They show for the first time all of Goya's intaglio plates

Madrid. Francisco de Goya was nourished by the ideas of the Enlightenment so that a critical sense, far from the dreamlike reality that was breathed in the court palaces and the houses of the great landowners who could afford to commission a portrait. At that time, when he was already close to 40 years old and began to have hearing problems that would lead to his deafness years later, he discovered in the engravings a space of freedom to laugh at power or to lament the unreasonable nature of violence and war. .

For the first time, the Royal Academy of Fine Arts of San Fernando in Madrid exhibits the 213 copper intaglio plates, from which the impressions of the engravings were made.

The sample Goya: The awakening of consciousness brings together the restored intaglio plates, in which the relief on the copper support can be clearly seen, since a few years ago the Royal Academy of Fine Arts decided that no more series of engravings were going to be printed. Goya. From there, a thorough restoration began, which included the cleaning of the plates, which are now on display and contain all the series by the Spanish artist: Whims, Disasters, Disparates y Bullfighting.

Spaces for expression in freedom

Goya, who was born in 1746 and died in 1828, began his career as an artist in the traditional way: he trained as a painter at the Academy and, as was common at the time, he dedicated himself mainly to making court portraits or specific paintings, almost all of them. them on request. But the ideas of the Enlightenment burst into Europe and he, intellectually curious and restless, learned about them first hand and they made him change his perception of reality, especially the profound injustice that the system and society in which he lived represented. , hence he sought spaces for free expression, such as engravings, many of them financed from his own pocket.

The curator of the exhibition and member of the Royal Academy of San Fernando, Víctor Nieto, explained during the presentation that this It is not just another Goya exhibition; It is different because of its content, what it means and because you see a Goya anguished by the world around him. In Goya’s painting the reflection of feeling appears for the first time. And that is modernity.

The exhibition shows the series The dream of the reason produces monstersin which Goya portrays himself asleep while various nocturnal animals stalk him, numerous engravings with donkeys, which represent ignorance, or the crude images of the Spanish war of independence against the French (1808-1814).

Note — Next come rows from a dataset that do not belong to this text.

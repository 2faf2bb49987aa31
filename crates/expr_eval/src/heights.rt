//! How high an expression is.

ghost use Rattle.std.specs.Prelude.{◌≡◌, ◌≤◌};
ghost use Rattle.term_model.specs.Terms.{expression};
ghost use Rattle.term_model.specs.Sizes.{height};

use term_model::Expr;

/// The height of an expression.
pub fn height_of(e: &Expr) -> u32
    requires { height (expression e.now) ≤ 1_000 }
    ensures { result ≡ height (expression e.now) }
{
    match e {
        Expr::Lit { .. } | Expr::Yes { .. } | Expr::Var { .. } | Expr::Obs { .. } => 1,
        Expr::Neg { of } => height_of(of) + 1,
        Expr::Not { of } => height_of(of) + 1,
        Expr::Widen { of, .. } => height_of(of) + 1,
        Expr::Round { of, .. } => height_of(of) + 1,
        Expr::Num { left, right, .. } => height_of(left).max(height_of(right)) + 1,
        Expr::Cmp { left, right, .. } => height_of(left).max(height_of(right)) + 1,
        Expr::Logic { left, right, .. } => height_of(left).max(height_of(right)) + 1,
        Expr::Div { top, below, .. } => height_of(top).max(height_of(below)) + 1,
        Expr::Acc { body, first, .. } => height_of(body).max(height_of(first)) + 1,
        Expr::Cond { test, yes, no } => {
            height_of(test).max(height_of(yes).max(height_of(no))) + 1
        }
    }
}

The exhibition brings together 28 paintings, six drawings, more than 300 prints and all the copper sheets. The intaglio matrices, when freed from the steel and chrome bath that covered them, can be seen as they were created by the artist himself, revealing nuances that were previously hidden.

The works he painted when he came to court reveal a style in tune with the artistic orientations prevailing at his time, and in his period of maturity is when Francisco de Goya reflects a critical attitude towards the reality that surrounds him and the dominant artistic norms. in the paintexplains Nieto.

The exhibition is divided into four thematic axes in which the political, sociological and even ideological changes and transformations of society and of Goya himself are recorded. For Nieto, it is proven that in his work, especially the freest one, his critical rationalism in the face of events that revolt him, such as social differences, the abuse of power of the rich and noble, war and the social norms imposed by the prevailing morality.

The exhibition, including all the intaglio plates, can be seen until June 23.